use machine_data::{Label, Seq, Trap};

#[test]
fn a_label_has_32_bytes(rt: HostRuntime) {
    assert!(rt; size_of::<Label>() == 32);
}

#[test]
fn traps_are_numbered_from_1(rt: HostRuntime) {
    assert!(rt; Trap::TaskCancelOrReturnTwice.number() == 1);
    assert!(rt; Trap::AsyncDeadlock.number() == 15);
    assert!(rt; Trap::TableHasChildren.number() == 25);
}

#[test]
fn a_list_is_a_vector_without_its_room(rt: HostRuntime) {
    let mut list: Seq<u8> = Seq::new(rt.alloc());
    assert!(rt; list.push(7).is_ok() && list.push(9).is_ok());
    assert!(rt; list.len() == 2 && list.as_slice() == [7, 9].as_slice());
    let list = Seq::from_vec(list.into_vec());
    assert!(rt; list.as_slice() == [7, 9].as_slice());
}
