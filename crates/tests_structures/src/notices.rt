use std::alloc::Global;
use std::process::Abort;
use store_notices::{GroupsBefore, tell_at_once, tell_finishes, tell_moves};
use task_group::{Listeners, NoHook, NoticeKind, Notices};

// A letter for what happened: Start, Enter, eXit, Finish.
fn letter(kind: NoticeKind) -> u8 {
    match kind {
        NoticeKind::Start => b's',
        NoticeKind::Enter => b'e',
        NoticeKind::Exit => b'x',
        NoticeKind::Finish => b'f',
    }
}

// So many notices were kept, and the last of them is this one of a group.
fn last(rt: &impl Abort, listeners: &Listeners<NoHook>, count: usize, group: u64, kind: u8) {
    assert!(rt; listeners.notices().len() == count);
    assert!(rt; last_of(listeners.notices()) == (group, kind));
}

// The group and the letter of the last notice.
fn last_of(notices: Notices<'_>) -> (u64, u8) {
    let mut last = (0, 0);
    for notice in notices {
        last = (notice.group, letter(notice.kind));
    }
    last
}

// Listeners without a hook, which keep so many notices.
fn keeping(rt: &impl Abort, alloc: Global, room: usize) -> Listeners<NoHook> {
    let mut listeners: Listeners<NoHook> = Listeners::new(alloc);
    assert!(rt; listeners.keep_notices(room).is_ok());
    listeners
}

#[test]
fn a_notice_is_told_at_once_where_that_is_all(rt: HostRuntime) {
    let mut listeners = keeping(&rt, rt.alloc(), 6);
    assert!(&rt;
        tell_at_once(
            &mut listeners,
            &GroupsBefore {
                running: 0,
                worked: None
            },
            1
        )
    );
    last(&rt, &listeners, 1, 1, b'e');
    assert!(&rt;
        !tell_at_once(
            &mut listeners,
            &GroupsBefore {
                running: 1,
                worked: None
            },
            2
        )
    );
    last(&rt, &listeners, 1, 1, b'e');
    assert!(&rt;
        tell_at_once(
            &mut listeners,
            &GroupsBefore {
                running: 1,
                worked: None
            },
            1
        )
    );
    last(&rt, &listeners, 1, 1, b'e');
    assert!(&rt;
        tell_at_once(
            &mut listeners,
            &GroupsBefore {
                running: 1,
                worked: None
            },
            0
        )
    );
    last(&rt, &listeners, 2, 1, b'x');
    assert!(&rt;
        !tell_at_once(
            &mut listeners,
            &GroupsBefore {
                running: 0,
                worked: Some(2)
            },
            1
        )
    );
    assert!(&rt;
        tell_at_once(
            &mut listeners,
            &GroupsBefore {
                running: 0,
                worked: Some(2)
            },
            0
        )
    );
    last(&rt, &listeners, 4, 2, b'x');
}

#[test]
fn steps_are_told(rt: HostRuntime) {
    let mut listeners = keeping(&rt, rt.alloc(), 8);
    assert!(&rt;
        tell_moves(
            &mut listeners,
            &GroupsBefore {
                running: 1,
                worked: None
            },
            2
        )
        .is_ok()
    );
    last(&rt, &listeners, 2, 2, b'e');
    assert!(&rt;
        tell_moves(
            &mut listeners,
            &GroupsBefore {
                running: 2,
                worked: None
            },
            0
        )
        .is_ok()
    );
    last(&rt, &listeners, 3, 2, b'x');
    assert!(&rt;
        tell_moves(
            &mut listeners,
            &GroupsBefore {
                running: 0,
                worked: Some(1)
            },
            0
        )
        .is_ok()
    );
    last(&rt, &listeners, 5, 1, b'x');
    assert!(&rt; tell_finishes(&mut listeners, &[1, 2]).is_ok());
    last(&rt, &listeners, 7, 2, b'f');
}
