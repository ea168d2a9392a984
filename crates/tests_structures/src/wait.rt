use machine_data::Status;
use std::process::Abort;
use task_table::TableId;
use task_wait::{
    BLOCKED, EXIT, Event, Links, NoMemory, Node, WAIT, Waitable, WaitableSet, WaiterKey, YIELD,
    callback_code_unpacks, others_stay, packed_status_unpacks, unpack_callback_code,
    waitables_by_kind_and_id, waiters_by_task_and_thread,
};

fn unpacks(code: u32, what: u32, set: u32) -> bool {
    unpack_callback_code(code) == (what, set)
}

fn has_parts(event: Event, first: u32, second: u32) -> bool {
    event.parts() == (first, second)
}

#[test]
fn codes_are_the_stated_numbers(rt: HostRuntime) {
    assert!(rt; Status::Started.pack(Some(5)) == 81 && Status::Returned.pack(None) == 2);
    assert!(rt; Status::StartCancelled.pack(Some(1)) == 19);
    assert!(rt; unpacks(18, WAIT, 1) && unpacks(0, EXIT, 0) && unpacks(1, YIELD, 0));
    assert!(rt; has_parts(Event::Subtask(Status::Started), 1, 1));
    assert!(rt; has_parts(Event::Subtask(Status::ReturnCancelled), 1, 4));
    assert!(rt; has_parts(Event::Cancelled, 6, 0) && has_parts(Event::None, 0, 0));
    assert!(rt; BLOCKED == u32::MAX);
    packed_status_unpacks(Status::Started, Some(5));
    callback_code_unpacks(WAIT, 1);
}

fn guest(rep: u32) -> Waitable {
    Waitable::Guest(TableId::new(rep, 0))
}

fn waiter(task: u32) -> WaiterKey {
    WaiterKey {
        task,
        thread: 7,
        serial: 0,
    }
}

fn made<T: Drop>(rt: &impl Abort, answer: Result<T, NoMemory>) -> T {
    match answer {
        Ok(it) => it,
        Err(_) => panic!(rt; "there was no memory"),
    }
}

// The links of a set. Each call asks first what the set's call requires.
#[derive(Drop)]
struct Room {
    ready: Links<Waitable>,
    waiting: Links<WaiterKey>,
}

impl Room {
    fn mark(&mut self, rt: &impl Abort, set: &mut WaitableSet, waitable: Waitable) -> Node {
        let node = made(rt, self.ready.make_node());
        assert!(rt; set.is_live(&self.ready, &self.waiting) && self.ready.is_free(node));
        set.mark(&mut self.ready, node, waitable);
        node
    }

    fn unmark(&mut self, rt: &impl Abort, set: &mut WaitableSet, node: Node) -> bool {
        assert!(rt; set.is_live(&self.ready, &self.waiting) && self.ready.is_made(node));
        set.unmark(&mut self.ready, node)
    }

    fn first_ready(&self, rt: &impl Abort, set: &WaitableSet) -> Option<Waitable> {
        assert!(rt; set.is_live(&self.ready, &self.waiting));
        set.first_ready(&self.ready)
    }

    fn add_waiter(&mut self, rt: &impl Abort, set: &mut WaitableSet, key: WaiterKey) -> Node {
        let node = made(rt, self.waiting.make_node());
        assert!(rt; set.is_live(&self.ready, &self.waiting) && self.waiting.is_free(node));
        set.add_waiter(&mut self.waiting, node, key);
        node
    }

    fn add_waiter_last(&mut self, rt: &impl Abort, set: &mut WaitableSet, key: WaiterKey) {
        let node = made(rt, self.waiting.make_node());
        assert!(rt; set.is_live(&self.ready, &self.waiting) && self.waiting.is_free(node));
        set.add_waiter_last(&mut self.waiting, node, key);
    }

    fn take_first_waiter(&mut self, rt: &impl Abort, set: &mut WaitableSet) -> Option<WaiterKey> {
        assert!(rt; set.is_live(&self.ready, &self.waiting) && set.has_waiters(&self.waiting));
        set.take_first_waiter(&mut self.waiting)
    }

    fn remove_waiter(&mut self, rt: &impl Abort, set: &mut WaitableSet, node: Node) -> bool {
        assert!(rt; set.is_live(&self.ready, &self.waiting) && self.waiting.is_made(node));
        set.remove_waiter(&mut self.waiting, node)
    }

    fn close(&mut self, rt: &impl Abort, set: WaitableSet) {
        assert!(rt; set.is_empty(&self.ready, &self.waiting));
        set.close(&mut self.ready, &mut self.waiting);
    }
}

#[test]
fn the_least_of_a_set_comes_first(rt: HostRuntime) {
    let mut room = Room {
        ready: Links::new(rt.alloc(), guest(0)),
        waiting: Links::new(rt.alloc(), waiter(0)),
    };
    let set = WaitableSet::new(true, &mut room.ready, &mut room.waiting);
    let mut set = made(&rt, set);
    assert!(rt; set.is_sync());
    let second = room.mark(&rt, &mut set, guest(2));
    let first = room.mark(&rt, &mut set, guest(1));
    assert!(rt; room.first_ready(&rt, &set) == Some(guest(1)));
    assert!(rt; room.unmark(&rt, &mut set, first) && !room.unmark(&rt, &mut set, first));
    assert!(rt; room.unmark(&rt, &mut set, second));
    let second = room.add_waiter(&rt, &mut set, waiter(2));
    room.add_waiter(&rt, &mut set, waiter(1));
    room.add_waiter_last(&rt, &mut set, waiter(0));
    assert!(rt; room.take_first_waiter(&rt, &mut set) == Some(waiter(1)));
    assert!(rt; room.remove_waiter(&rt, &mut set, second));
    assert!(rt; room.take_first_waiter(&rt, &mut set) == Some(waiter(0)));
    room.close(&rt, set);
    waitables_by_kind_and_id(guest(1), guest(2));
    waiters_by_task_and_thread(waiter(1), waiter(2));
}

// Puts the node into the chain, before its first or behind its last.
fn push(rt: &impl Abort, links: &mut Links<u32>, chain: usize, node: Node, value: u32) {
    assert!(rt; links.is_live(chain) && links.is_free(node));
    if value < 2 {
        links.push_front(chain, node, value);
    } else {
        links.push_back(chain, node, value);
    }
}

fn remove(rt: &impl Abort, links: &mut Links<u32>, chain: usize, node: Node) {
    assert!(rt; links.is_live(chain) && links.is_made(node));
    links.no_node_is_twice();
    others_stay(links, chain, node);
    assert!(rt; matches!(links.remove(node), Some((from, 2)) if from == chain));
}

fn drop_both(rt: &impl Abort, links: &mut Links<u32>, chain: usize, node: Node) {
    assert!(rt; links.is_free(node));
    links.drop_node(node);
    assert!(rt; !links.is_made(node) && links.is_empty(chain));
    links.drop_chain(chain);
    assert!(rt; !links.is_live(chain));
}

// The values of the chain's first and last node, and of those beside this one.
fn around(rt: &impl Abort, links: &Links<u32>, chain: usize, node: Node) -> [u32; 4] {
    assert!(rt; links.is_live(chain) && links.is_made(node) && !links.is_free(node));
    [
        value_of(links.first(chain)),
        value_of(links.previous(node)),
        value_of(links.next(node)),
        value_of(links.last(chain)),
    ]
}

fn value_of(link: Option<(Node, u32)>) -> u32 {
    match link {
        Some((_, value)) => value,
        None => u32::MAX,
    }
}

#[test]
fn links_are_lists_over_nodes(rt: HostRuntime) {
    let mut links: Links<u32> = Links::new(rt.alloc(), 0);
    let chain = made(&rt, links.make_chain());
    let first = made(&rt, links.make_node());
    let middle = made(&rt, links.make_node());
    let last = made(&rt, links.make_node());
    push(&rt, &mut links, chain, middle, 2);
    push(&rt, &mut links, chain, last, 3);
    push(&rt, &mut links, chain, first, 1);
    remove(&rt, &mut links, chain, middle);
    assert!(rt; links.is_made(last) && !links.is_free(last) && links.is_free(middle));
    links.insert_before(last, middle, 5);
    assert!(rt; around(&rt, &links, chain, middle) == [1, 1, 3, 3]);
    assert!(rt; links.is_made(middle));
    assert!(rt; matches!(links.get(middle), Some((at, 5)) if at == chain));
    let empty = made(&rt, links.make_chain());
    let free = made(&rt, links.make_node());
    drop_both(&rt, &mut links, empty, free);
}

******

(Work to be completed) Where a line in the listing above includes the string "crates", copy that line.

(Solved exercise)
filename crates/tests_structures/src/notices.rt
filename crates/tests_structures/src/wait.rt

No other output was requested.